[TASK STATEMENT] A copy is needed of each line in the records that has the word "JudgedNode".

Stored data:
----

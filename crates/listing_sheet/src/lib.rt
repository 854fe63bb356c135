// A whole listing, read in one pass from its first byte on into a table: the line of the graph, the lines of the slots, the line of the outputs,
// and nothing behind it. The header is written when the outputs are known.
#![tactic(auto)]

ghost use Rattle.std.specs.Prelude.{◌≡◌, true, ◌≤◌, length, take, IfOk};
ghost use Rattle.definitions.specs.Lists.{within, padded};
ghost use Rattle.definitions.specs.Graph.{slot_limit, output_limit, unused_place};
ghost use Rattle.definitions.specs.Sheet.{size_field};
ghost use Rattle.listing.specs.Parts.{PartRead};
ghost use Rattle.listing_numbers.specs.State.{field_of};
ghost use Rattle.listing_lists.specs.Lists.{list_limit};
ghost use Rattle.listing_lines.specs.Lines.{PlaceWords};
ghost use Rattle.listing_parse.specs.Parts.{part_of, place_of};
ghost use Rattle.listing_slots.specs.Rows.{table_bytes};
ghost use Rattle.listing_sheet.specs.Read.{graph_line, OutputsRead, SheetRead};

use definitions::{HEADER_BYTES, OUTPUT_LIMIT, SLOT_LIMIT};
use listing_lines::{place_field, places_of};
use listing_lists::{LIST_LIMIT, Numbers, read_spaced};
use listing_numbers::{Field, Stopped};
use listing_parse::{Part, read_letters, read_natural};
use listing_slots::read_lines;
use new_header::write_header;

// N is from 1 to 512.
fn size_field() -> Field
    ensures { field_of result ≡ size_field }
{
    Field {
        low: 1,
        high: SLOT_LIMIT as u64,
        below: 0,
    }
}

// Reads the line of the graph; the value is N.
fn read_size(text: &[u8]) -> Result<Part, Stopped>
    ensures part_read { PartRead graph_line text.now 0 (part_of result) }
    ensures next_in_bounds { place_of result ≤ length text.now }
    ensures slot_limit_value { IfOk result (λ part. within 1 part.value slot_limit ≡ true) }
{
    let opening = read_letters(text, 0, b"graph ")?;
    let size = read_natural(text, opening.next, size_field())?;
    let end = read_letters(text, size.next, b"\n")?;
    Ok(Part {
        next: end.next,
        value: size.value,
    })
}

// Reads the line of the outputs behind its `o`; nothing may follow it.
fn read_outputs(text: &[u8], at: usize) -> Result<Numbers, Stopped>
    requires { at ≤ length text.now }
    ensures { OutputsRead text.now at result }
{
    let word = read_letters(text, at, b"ut")?;
    let outputs = read_spaced(text, word.next, 1, OUTPUT_LIMIT, place_field(), b'\n')?;
    let next = outputs.next;
    if next < text.len() {
        return Err(Stopped { at: next });
    }
    Ok(outputs)
}

// The output places of a header; 65535 stands in the unused ones.
fn output_places(words: [u32; LIST_LIMIT], count: usize) -> [u16; OUTPUT_LIMIT]
    requires words_len { length «words» ≡ list_limit }
    requires count_le_output_limit { count ≤ output_limit }
    requires place_words { PlaceWords «words» }
    ensures { result ≡ padded output_limit unused_place (take count «words») }
{
    let places = places_of(words, count);
    [places[0], places[1], places[2], places[3]]
}

// Reads a listing into a table: it has the block of its graph then, with counts 0. The result is how many slots that graph has.
pub fn read_sheet(text: &[u8], table: &mut [u8]) -> Result<usize, Stopped>
    requires { length table.old ≡ table_bytes }
    ensures { SheetRead text.now table.new result }
{
    let graph = read_size(text)?;
    let size = graph.value;
    let lines = read_lines(text, graph.next, size, table)?;
    let outputs = read_outputs(text, lines.next)?;
    let places = output_places(outputs.words, outputs.count);
    write_header(
        &mut table[0..HEADER_BYTES],
        size as u16,
        outputs.count as u16,
        &places,
    );
    Ok(size)
}
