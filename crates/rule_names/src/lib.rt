// Whether some target place names every rule input and every target vertex. A place holds a number below PLACE_NUMBERS, so what is
// named is marked at its place number, once for all.
#![tactic(auto)]

ghost use Rattle.std.specs.Prelude.{◌≡◌, ◌<◌, length};
ghost use Rattle.definitions.specs.Lists.{all_below};
ghost use Rattle.definitions.specs.Rule.{place_numbers, source_count, target_count, made, target_of, named, all_named};
ghost use Rattle.rule_fields.specs.Fixed.{split_in, fixed_of};
ghost use Rattle.rule_fields.specs.Layout.{WholeRule, ReadableRule};
ghost use Rattle.rule_names.specs.Marks.{MarksAdded, NamesMarked, input_named};

use definitions::PLACE_NUMBERS;
use rule_fields::{
    is_rule_input, output_count, source_count, target_count, target_input, target_input_count,
    target_output, target_split,
};

// Marks each place number that an input of target vertex t holds.
fn mark_inputs(rule: &[u8], t: usize, used: &mut [bool; PLACE_NUMBERS])
    requires readable_rule { ReadableRule rule.now }
    requires t_bound { t < target_count rule.now }
    requires used_len { length used.old ≡ place_numbers }
    ensures { MarksAdded (split_in rule.now) (target_of (fixed_of rule.now) t).inputs used.old used.new }
{
    for i in 0..target_input_count(rule, t) {
        used[target_input(rule, t, i)] = true;
    }
}

// Marks each place number that a target output holds.
// A loop for both lists would take the reading of a place as a closure with clauses of its own, and be no plainer.
fn mark_outputs(rule: &[u8], used: &mut [bool; PLACE_NUMBERS])
    requires whole_rule { WholeRule rule.now }
    requires used_len { length used.old ≡ place_numbers }
    ensures { MarksAdded (split_in rule.now) (fixed_of rule.now).target_outputs used.old used.new }
{
    let outputs = output_count(rule);
    for i in 0..outputs {
        used[target_output(rule, i)] = true;
    }
}

// At p, whether some target place, an input or an output, holds the place number p.
fn marked(rule: &[u8]) -> [bool; PLACE_NUMBERS]
    requires { ReadableRule rule.now }
    ensures { NamesMarked rule.now result }
{
    let mut used = [false; PLACE_NUMBERS];
    for t in 0..target_count(rule) {
        mark_inputs(rule, t, &mut used);
    }
    mark_outputs(rule, &mut used);
    used
}

// Whether j is named where it is a rule input; used says which place numbers are named.
fn input_named(rule: &[u8], j: usize, used: &[bool; PLACE_NUMBERS]) -> bool
    requires whole_rule { WholeRule rule.now }
    requires j_bound { j < source_count rule.now }
    requires names_marked { NamesMarked rule.now used.now }
    ensures { result ≡ input_named (fixed_of rule.now) j }
{
    !is_rule_input(rule, j) || used[j]
}

// Whether every rule input and every target vertex is named by some target place.
pub fn all_named(rule: &[u8]) -> bool
    requires { ReadableRule rule.now }
    ensures { result ≡ all_named (fixed_of rule.now) }
{
    let used = marked(rule);
    let split = target_split(rule);
    let count = target_count(rule);
    (0..source_count(rule)).all(|j| input_named(rule, j, &used))
        && (0..count).all(|t| used[split + t])
}
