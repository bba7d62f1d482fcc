// A checked sheet: the tables of a sheet that passed the verdict.
ghost use Rattle.std.specs.Prelude.{◌≡◌, ◌≤◌, true, map, length, take};
ghost use Rattle.shapes.specs.Shapes.{shapes_of};
ghost use Rattle.sheets.specs.Rules.{info_in, node_in};
ghost use Rattle.sheets.specs.Verdict.{tables, finds};

use super::node::Statement;
use super::passed::JudgedNode;
use shapes::table::Table;

// Its own copy of the three tables, with what is known of each node. Only the verdict fills one.
// The counts stand beside the arrays: no heap, and a sheet is copied.
#[derive(Clone, Copy)]
pub struct CheckedSheet {
    pub(crate) table: Table,
    pub(crate) node_count: usize,
    pub(crate) nodes: [JudgedNode; 256],
    pub(crate) statement_count: usize,
    pub(crate) statements: [Statement; 64],
    ghost nodes_whole: { length nodes ≡ 256 },
    ghost statements_whole: { length statements ≡ 64 },
    ghost few_nodes: { node_count ≤ 256 },
    ghost few_statements: { statement_count ≤ 64 },
    ghost sound: { finds (map info_in (take node_count nodes)) (tables (shapes_of table) (map node_in (take node_count nodes)) (take statement_count statements)) ≡ true },
}
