// The rows of a sheet's tables, as they are handed in.

// What the fields mean depends on the kind; those that a kind does not use are zero. Operands are earlier nodes, from 1.
// The kind is a number here, as it is handed in: which numbers are kinds is a question of the verdict, and `Form` what they are read as.
#[derive(Clone, Copy, PartialEq, Eq, Default, Debug)]
pub struct Node {
    pub kind: u16,
    pub a: u16,
    pub b: u16,
    pub m: u16,
    pub n: u16,
}

// A variable gets the value of a node.
#[derive(Clone, Copy, PartialEq, Eq, Default, Debug)]
pub struct Statement {
    pub variable: u16,
    pub node: u16,
}
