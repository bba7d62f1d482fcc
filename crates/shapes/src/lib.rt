// Shapes of tables: what may be declared, which places a shape has, and how they are numbered.
// A `Shape` is a declaration that was judged, so it holds nothing that is no shape; a `Table` holds those of all variables.

#![tactic(auto)]

pub mod declaration;
mod declaring;
mod lookups;
mod measures;
mod places;
pub mod shape;
pub mod table;
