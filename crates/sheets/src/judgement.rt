// What the verdict finds out about a node that passes.
ghost use Rattle.std.specs.Prelude.{◌≤◌};

use indices::index::Index;

// Its extents, at most eight; a variable has depth 1, any other node one more than its deepest operand; nesting is the
// largest number of contractions on a path down from it.
#[derive(Clone, Copy)]
pub struct Judgement {
    pub(crate) extents: Index,
    pub(crate) depth: u16,
    pub(crate) nesting: u16,
    ghost low: { depth ≤ 16 },
    ghost flat: { nesting ≤ 3 },
}

// What fills a table behind its last node.
impl Default for Judgement {
    fn default() -> Judgement {
        Judgement {
            extents: Index::empty(),
            depth: 0,
            nesting: 0,
        }
    }
}
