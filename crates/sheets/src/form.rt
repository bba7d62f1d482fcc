// The forms that a node may have.
ghost use Rattle.std.specs.Prelude.{◌≡◌};
ghost use Rattle.std.specs.Result.{result_ok};
ghost use Rattle.sheets.specs.Forms.{form_of, tidy as tidy_of};

use super::node::Node;
use super::term::Operation;

#[derive(Clone, Copy, PartialEq, Eq, Debug)]
pub enum Form {
    Variable,
    Outer,
    Pointwise(Operation),
    Transposition,
    Contraction,
}

// A number that is no kind of node.
#[derive(Clone, Copy, PartialEq, Eq, Debug)]
pub struct UnknownKind(pub u16);

// The form of a kind, if there is one.
impl TryFrom<u16> for Form {
    type Error = UnknownKind;

    ghost try_from_gives = { λ kind form. result_ok form ≡ form_of kind };

    fn try_from(kind: u16) -> Result<Form, UnknownKind> {
        match kind {
            1 => Ok(Form::Variable),
            2 => Ok(Form::Outer),
            3 => Ok(Form::Pointwise(Operation::Plus)),
            4 => Ok(Form::Pointwise(Operation::Minus)),
            5 => Ok(Form::Pointwise(Operation::Times)),
            6 => Ok(Form::Pointwise(Operation::Over)),
            7 => Ok(Form::Transposition),
            8 => Ok(Form::Contraction),
            _ => Err(UnknownKind(kind)),
        }
    }
}

// Whether every field that the form does not use is zero.
pub(super) fn tidy(form: Form, node: Node) -> bool
    ensures { result ≡ tidy_of form node }
{
    match form {
        Form::Variable => node.b == 0 && node.m == 0 && node.n == 0,
        Form::Outer | Form::Pointwise(_) => node.m == 0 && node.n == 0,
        Form::Transposition | Form::Contraction => node.b == 0,
    }
}
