// Places and their row-major and column-major numbers, over any list of extents.
ghost use Rattle.std.specs.Prelude.{◌≡◌, ◌<◌, ◌≤◌, ◌&&◌, true, Some, length, nat_le};
ghost use Rattle.std.specs.List.{list_all, zip};
ghost use Rattle.std.specs.Option.{option_map};
ghost use Rattle.indices.specs.Coordinates.{coordinates};
ghost use Rattle.indices.specs.Places.{each, product as product_of, within, place, unplace, column as column_of};
ghost use Rattle.shapes.specs.Shapes.{zeros};

use indices::index::Index;

// Whether each extent is from 1 to 64.
pub(super) fn in_range(es: &[u16]) -> bool
    ensures { result ≡ each es.now }
{
    es.iter().all(|e| 1 <= *e && *e <= 64)
}

pub(super) fn all_zero(es: &[u16]) -> bool
    ensures { result ≡ zeros es.now }
{
    es.iter().all(|e| *e == 0)
}

// How many places there are.
pub(super) fn product(es: &[u16]) -> usize
    requires { (each es.now ≡ true) × (length es.now ≤ 4) }
    ensures { result ≡ product_of es.now }
{
    let mut n: usize = 1;
    for e in es {
        n *= *e as usize;
    }
    n
}

// Whether an index lies in the extents.
pub(super) fn contains(es: &[u16], index: &[u16]) -> bool
    ensures { result ≡ within es.now index.now }
{
    es.len() == index.len() && all_reached(es, index)
}

// Whether each coordinate, beside its extent, is from 1 to that.
fn all_reached(es: &[u16], index: &[u16]) -> bool
    ensures { result ≡ list_all (λ p. nat_le 1 p.1 && nat_le p.1 p.0) (zip es.now index.now) }
{
    es.iter().zip(index).all(|(e, i)| 1 <= *i && *i <= *e)
}

// The number of a place, the last coordinate running fastest.
pub(super) fn number(es: &[u16], index: &[u16]) -> usize
    requires { (within es.now index.now ≡ true) × (product_of es.now ≤ 4096) }
    ensures { result ≡ place es.now index.now }
{
    let mut n: usize = 0;
    for (e, i) in es.iter().zip(index) {
        n = n * *e as usize + (*i as usize - 1);
    }
    n
}

// The number of a place, the first coordinate running fastest.
pub(super) fn column(es: &[u16], index: &[u16]) -> usize
    requires inside { within es.now index.now ≡ true }
    requires places { product_of es.now ≤ 4096 }
    ensures { result ≡ column_of es.now index.now }
{
    let mut n: usize = 0;
    let mut block: usize = 1;
    for (e, i) in es.iter().zip(index) {
        n += block * (*i as usize - 1);
        block *= *e as usize;
    }
    n
}

// The place of a number.
pub(super) fn index_of(es: &[u16], number: usize) -> Option<Index>
    requires sound { each es.now ≡ true }
    requires rank { length es.now ≤ 4 }
    requires inside { number < product_of es.now }
    requires places { product_of es.now ≤ 4096 }
    ensures { option_map coordinates result ≡ Some (unplace es.now number) }
{
    let mut coords = [0u16; 4];
    let mut block = product(es);
    let mut left = number;
    for (d, e) in es.iter().enumerate() {
        block /= *e as usize;
        coords[d] = (left / block) as u16 + 1;
        left %= block;
    }
    Index::try_from(&coords[..es.len()]).ok()
}
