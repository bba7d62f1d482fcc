// A shape: at most four extents from 1 to 64, with at most 4,096 places.
ghost use Rattle.std.specs.Prelude.{◌≡◌, true};
ghost use Rattle.indices.specs.Coordinates.{coordinates};
ghost use Rattle.indices.specs.Places.{proper};

use indices::index::Index;

#[derive(Clone, Copy)]
pub struct Shape {
    pub(crate) extents: Index,
    ghost sound: { proper (coordinates extents) ≡ true },
}
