// What a table of shapes answers about its variables.
ghost use Rattle.std.specs.Prelude.{◌≡◌, ◌*◌, ◌≤◌, ◌&&◌, map, length, take};
ghost use Rattle.indices.specs.Places.{total as total_of, has, pick, within};
ghost use Rattle.refusals.specs.Refusals.{answered, answer};
ghost use Rattle.shapes.specs.Shapes.{extents_of, shapes_of, shape_answer, rank_answer, extent_answer, place_answer};

use super::shape::Shape;
use super::table::Table;
use refusals::refusal::Refusal;

impl Table {
    // How many variables there are.
    pub fn len(&self) -> usize
        ensures { result ≡ length (shapes_of self.now) }
    {
        self.len
    }

    // The shapes, variable after variable.
    pub fn shapes(&self) -> &[Shape]
        ensures shapes { map extents_of result.now ≡ shapes_of self.now }
        ensures count { length result.now ≡ length (shapes_of self.now) }
        ensures few { length result.now ≤ 16 }
    {
        &self.shapes[..self.len]
    }

    // The shape of a variable, from 1.
    pub fn shape(&self, v: usize) -> Result<Shape, Refusal>
        ensures { answer extents_of result ≡ shape_answer (shapes_of self.now) v }
    {
        if v < 1 || v > self.len {
            return Err(Refusal::NoSuchVariable);
        }
        Ok(self.shapes[v - 1])
    }

    // The rank of a variable.
    pub fn rank(&self, v: usize) -> Result<usize, Refusal>
        ensures { answered result ≡ rank_answer (shapes_of self.now) v }
    {
        Ok(self.shape(v)?.rank())
    }

    // The extent of a dimension of a variable, both from 1.
    pub fn extent(&self, v: usize, d: usize) -> Result<u16, Refusal>
        ensures { answered result ≡ extent_answer (shapes_of self.now) v d }
    {
        let shape = self.shape(v)?;
        let es = shape.extents();
        if d < 1 || d > es.len() {
            return Err(Refusal::NoSuchVariable);
        }
        Ok(es[d - 1])
    }

    // How many places all variables have.
    pub fn total(&self) -> usize
        ensures { result ≡ total_of (shapes_of self.now) }
    {
        self.before(self.len)
    }

    // The number of a place through all variables, variable after variable, each row-major, from 0.
    pub fn place(&self, v: usize, index: &[u16]) -> Result<usize, Refusal>
        ensures { answered result ≡ place_answer (shapes_of self.now) v index.now }
    {
        match self.shape(v)?.place(index) {
            Some(n) => Ok(self.before(v - 1) + n),
            None => Err(Refusal::OutOfReach),
        }
    }

    // Whether an index lies in the shape of a variable.
    pub fn contains(&self, v: usize, index: &[u16]) -> bool
        ensures { result ≡ (has (shapes_of self.now) v && within (pick (shapes_of self.now) v) index.now) }
    {
        self.shape(v).is_ok_and(|shape| shape.contains(index))
    }

    // How many places the first n variables have.
    fn before(&self, n: usize) -> usize
        requires { n ≤ self.now.len }
        ensures value { result ≡ total_of (take n (shapes_of self.now)) }
        ensures few { result ≤ 4096 * n }
    {
        let mut sum: usize = 0;
        for shape in &self.shapes[..n] {
            sum += shape.size();
        }
        sum
    }
}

----

[RESPONSE]
use super::passed::JudgedNode;
    pub(crate) nodes: [JudgedNode; 256],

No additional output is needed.